3. Key-partitioned data
We used the S3 service catalogue and subcatalogue structure to partition data in our target cloud solution. After processing in AWS Glue, we obtained the desired data structures in S3. The data then had to be catalogued so that they could be made available to users in a convenient way. For this purpose, we relied on the AWS Glue Catalogue. We created a Glue Crawler, which scans S3 files to build metadata (names of tables, columns, data types, partition lists) and then saves this information to the Glue Catalogue. Thanks to these services, practically no manual data description is necessary, which would normally be very time-consuming. If a new table is added to the Data Lake, the existing table structure is adjusted automatically. All you need to do to refresh the structure in the Glue Catalogue is launch the Crawler.
Data ready for users
At this point, we could make the data available to users. For this purpose, we chose AWS Athena, a service that can read data directly from S3 files, using information in the AWS Glue Catalogue. Athena uses SQL as its native language for data processing. The service is serverless, which means that our client again only pays for the queries actually processed, represented as the number of scanned file data bytes.
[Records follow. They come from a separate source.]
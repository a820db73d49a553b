//! The bytes of a report. All lines go into one text.
ghost use Rattle.std.specs.Prelude.{◌≡◌, ◌++◌, List, ℕ, Some, flat_map, map};
ghost use Rattle.std.specs.Prelude.{codes, decimal, IfOk, OnOk, string_bytes};
ghost use Rattle.vk_resolution.specs.Lines.{ended, fault_line, numbered_lines};
ghost use Rattle.vk_resolution.specs.Lines.{reasons_text, report_text};
ghost use Rattle.vk_resolution.specs.Outcomes.{planned, refused};
ghost use Rattle.vk_model.specs.EarlyViews.{early_view};
ghost use Rattle.vk_model.specs.FactViews.{reasons_view};
ghost use Rattle.vk_model.specs.FaultViews.{faults_view, item_view, outcome_view};
ghost use Rattle.vk_report.specs.Reports.{early_report, faults_text, items_text, whole_report};

use std::alloc::Global;
use std::fmt;
use std::fmt::Write;
use vk_base::{List, Memory, Text};
use vk_model::lines::{early_line, fault_line};
use vk_model::{Early, Fault, Item, Outcome, Reason};

// Lines, each with its number in front, from 1 on.
fn push_numbered<L: fmt::Display>(report: &mut String, lines: &[L]) -> Result<(), Memory>
    ensures { (text : L → List ℕ) → ((line : L) → L.output line ≡ Some (text line))
        → OnOk result (string_bytes report.new
        ≡ string_bytes report.old ++ numbered_lines text 1 lines.now) }
{
    for (n, line) in lines.iter().enumerate() {
        writeln!(report, "{} {line}", n + 1)?;
    }
    Ok(())
}

// A word, and how many lines follow.
fn push_count(report: &mut String, word: &str, count: usize) -> Result<(), Memory>
    ensures { OnOk result (string_bytes report.new
        ≡ string_bytes report.old ++ ended (word.now ++ codes " " ++ decimal count)) }
{
    writeln!(report, "{word} {count}")?;
    Ok(())
}

// The reasons, and the last line.
fn push_reasons(report: &mut String, reasons: &List<Reason>) -> Result<(), Memory>
    ensures { OnOk result (string_bytes report.new
        ≡ string_bytes report.old ++ reasons_text (reasons_view reasons.now)) }
{
    push_count(report, "reasons", reasons.len())?;
    push_numbered(report, reasons.as_slice())?;
    report.push_str("end\n")?;
    Ok(())
}

// The items of a plan, after how many they are.
fn push_items(report: &mut String, items: &List<Item>) -> Result<(), Memory>
    ensures { OnOk result (string_bytes report.new
        ≡ string_bytes report.old ++ items_text (map item_view items.now)) }
{
    push_count(report, "plan", items.len())?;
    push_numbered(report, items.as_slice())?;
    Ok(())
}

fn push_fault_lines(alloc: Global, report: &mut String, faults: &[Fault]) -> Result<(), Memory>
    ensures { OnOk result (string_bytes report.new ≡ string_bytes report.old
        ++ flat_map (λ f. ended (fault_line f)) (faults_view faults.now)) }
{
    for fault in faults {
        let line = fault_line(alloc, fault)?;
        writeln!(report, "{line}")?;
    }
    Ok(())
}

// The fault lines, after how many they are.
fn push_faults(alloc: Global, report: &mut String, faults: &List<Fault>) -> Result<(), Memory>
    ensures { OnOk result (string_bytes report.new
        ≡ string_bytes report.old ++ faults_text (faults_view faults.now)) }
{
    push_count(report, "faults", faults.len())?;
    push_fault_lines(alloc, report, faults.as_slice())?;
    Ok(())
}

// How many bytes so many lines have, if each is as long as most are.
fn usual_bytes(lines: usize) -> usize {
    lines.saturating_mul(52)
}

fn planned_report(
    alloc: Global,
    items: &List<Item>,
    reasons: &List<Reason>,
) -> Result<String, Memory>
    ensures { IfOk result (λ report. string_bytes report
        ≡ report_text (planned (map item_view items.now) (reasons_view reasons.now))) }
{
    let lines = items.len().saturating_add(reasons.len());
    let mut report = String::with_capacity(alloc, usual_bytes(lines))?;
    report.push_str("vcpkg-plan 1\nstatus planned\n")?;
    push_items(&mut report, items)?;
    push_reasons(&mut report, reasons)?;
    Ok(report)
}

fn refused_report(
    alloc: Global,
    faults: &List<Fault>,
    reasons: &List<Reason>,
) -> Result<String, Memory>
    ensures { IfOk result (λ report. string_bytes report
        ≡ report_text (refused (faults_view faults.now) (reasons_view reasons.now))) }
{
    let mut report = String::from_str(alloc, "vcpkg-plan 1\nstatus refused\n")?;
    push_faults(alloc, &mut report, faults)?;
    push_reasons(&mut report, reasons)?;
    Ok(report)
}

fn early_report(alloc: Global, early: &Early) -> Result<String, Memory>
    ensures { IfOk result (λ report. string_bytes report ≡ early_report (early_view early.now)) }
{
    let line = early_line(alloc, early)?;
    let mut report = String::from_str(alloc, "vcpkg-plan 1\nstatus refused\nfaults 1\n")?;
    writeln!(report, "{line}")?;
    report.push_str("reasons 0\nend\n")?;
    Ok(report)
}

/// The report of what a project comes to. Each line ends with a line feed.
pub fn report_bytes(alloc: Global, outcome: &Outcome) -> Result<Text, Memory>
    ensures { IfOk result (λ t. t ≡ whole_report (outcome_view outcome.now)) }
{
    let report = match outcome {
        Outcome::Planned(plan, reasons) => planned_report(alloc, &plan.items, reasons)?,
        Outcome::Refused(faults, reasons) => refused_report(alloc, faults, reasons)?,
        Outcome::Early(early) => early_report(alloc, early)?,
    };
    Ok(Text::from_string(report))
}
In order to further lower the cost of the environment, we tapped specific S3 file organisation properties, i.e.:
- Our SQL queries only use the necessary columns (as mentioned before, Parquet files are column-ordered);
- Compressed data allow the number of bytes read in Athena to be reduced, which further reduces costs;
- Data partitioning allows the number of files that need to be scanned to be limited, so our SQL queries include where conditions wherever possible.
Our finished Data Lake and project outcomes
The cloud solution we created in this way meets all the data processing security standards. In the S3 service, objects use KMS key encryption and the communication between AWS Glue and Athena occurs over an encrypted SSL channel. Athena’s access to data is authorised and controlled by AWS Lake Formation.
All this allows the environment to deliver data to users securely and efficiently, without any downtimes. It is also a way to process large data volumes in the cloud cheaply and effectively.
What did the client get?
- A scalable solution where they only pay for the resources they actually use;
- A safer solution that is fully accessible to users;
- A greater awareness of where their monthly expenses come from;
- Lower data storage and processing costs;
- 30% savings three months after the project.